In 1973, Kenner left Santa Barbara for Johns Hopkins University, where he became Andrew Mellon Professor of Humanities in 1975. In 1991, he moved to the University of Georgia and taught there until his retirement in 1999. His later books continued to explore modernism and its aftermath, for example in A Colder Eye: the modern Irish writers (1983) and A Sinking Island: the modern English writers (1988); he also commented more widely on current cultural issues, but, perhaps taking his cue from his old mentor Marshall McLuhan, he refused simply to deplore contemporary media.

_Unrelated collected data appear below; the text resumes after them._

ghost use Rattle.std.specs.Prelude.{
  ◌≡◌,
  ◌<◌,
  ◌+◌,
  ◌/◌,
  ◌%◌,
  ◌^◌,
  slice_index,
  slice_set,
};
ghost use Rattle.std.specs.List.{fold};
ghost use Rattle.block_layout.specs.InitialBytes.{
  big_endian_bytes,
  bytes_with_write,
  with_bit,
  with_bytes,
  writes_at,
};
ghost use Rattle.block_layout.specs.Sizes.{plain_bits};

use stl_ast::Simple;

/// A byte with its bit at a place set to the lowest bit of a value.
fn with_bit(bit: u8, value: u32, byte: u8) -> u8
    requires { bit < 8 }
    ensures { result ≡ with_bit bit value byte }
{
    let mask = 1 << bit;
    if value % 2 == 1 {
        byte | mask
    } else {
        byte & !mask
    }
}

fn put_byte(bytes: &mut [u8], at: usize, byte: u8)
    ensures { bytes.new ≡ slice_set bytes.old at byte }
{
    if at < bytes.len() {
        bytes[at] = byte;
    }
}

fn put_bit(bytes: &mut [u8], at: usize, bit: u8, value: u32)
    requires { bit < 8 }
    ensures { bytes.new ≡ slice_set bytes.old at (with_bit bit value (slice_index bytes.old at)) }
{
    if at < bytes.len() {
        bytes[at] = with_bit(bit, value, bytes[at]);
    }
}

fn put_word(bytes: &mut [u8], at: usize, value: u32)
    requires { at + 1 < 2 ^ 64 }
    ensures { bytes.new ≡ with_bytes bytes.old at (big_endian_bytes 2 value) }
{
    put_byte(bytes, at, (value / 256 % 256) as u8);
    put_byte(bytes, at + 1, (value % 256) as u8);
}

fn put_dword(bytes: &mut [u8], at: usize, value: u32)
    requires { at + 3 < 2 ^ 64 }
    ensures { bytes.new ≡ with_bytes bytes.old at (big_endian_bytes 4 value) }
{
    put_byte(bytes, at, (value / 16_777_216 % 256) as u8);
    put_byte(bytes, at + 1, (value / 65_536 % 256) as u8);
    put_byte(bytes, at + 2, (value / 256 % 256) as u8);
    put_byte(bytes, at + 3, (value % 256) as u8);
}

/// Writes a value of an elementary type so many bits from the start, as far as the bytes go.
pub(crate) fn put(bytes: &mut [u8], kind: Simple, offset: u64, value: u32)
    ensures { bytes.new ≡ bytes_with_write bytes.old
        (record { offset = offset; width = plain_bits kind; value = value }) }
{
    let at = (offset / 8) as usize;
    match kind {
        Simple::Bool => put_bit(bytes, at, (offset % 8) as u8, value),
        Simple::Byte | Simple::Char => put_byte(bytes, at, (value % 256) as u8),
        Simple::Word | Simple::Int | Simple::S5time => put_word(bytes, at, value),
        Simple::Dword | Simple::Dint | Simple::Time => put_dword(bytes, at, value),
    }
}

/// Writes one value after the other to one element after the other.
pub(crate) fn put_values(bytes: &mut [u8], kind: Simple, offsets: &[u64], values: &[u32])
    ensures { bytes.new
        ≡ fold bytes_with_write bytes.old (writes_at (plain_bits kind) offsets.now values.now) }
{
    for i in 0..offsets.len().min(values.len()) {
        put(bytes, kind, offsets[i], values[i]);
    }
}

In The Elsewhere Community (1998), he observed that the Internet, while it could not replace the direct presence of a teacher, "offers something one-on-one presence does not: access to any mentor who has a computer, anywhere in the world. Media always offers gains, though offset by losses." Kenner remained actively engaged with the modern world until his death at the age of 80, after suffering from heart problems. He will be remembered as an admirably astute and energetic critic whose work, at its best, conveys the excitement of modernist writing and shares Pound's desire to "make it new" by bringing the vital elements of literature and culture, from whatever era, vividly to bear on the present.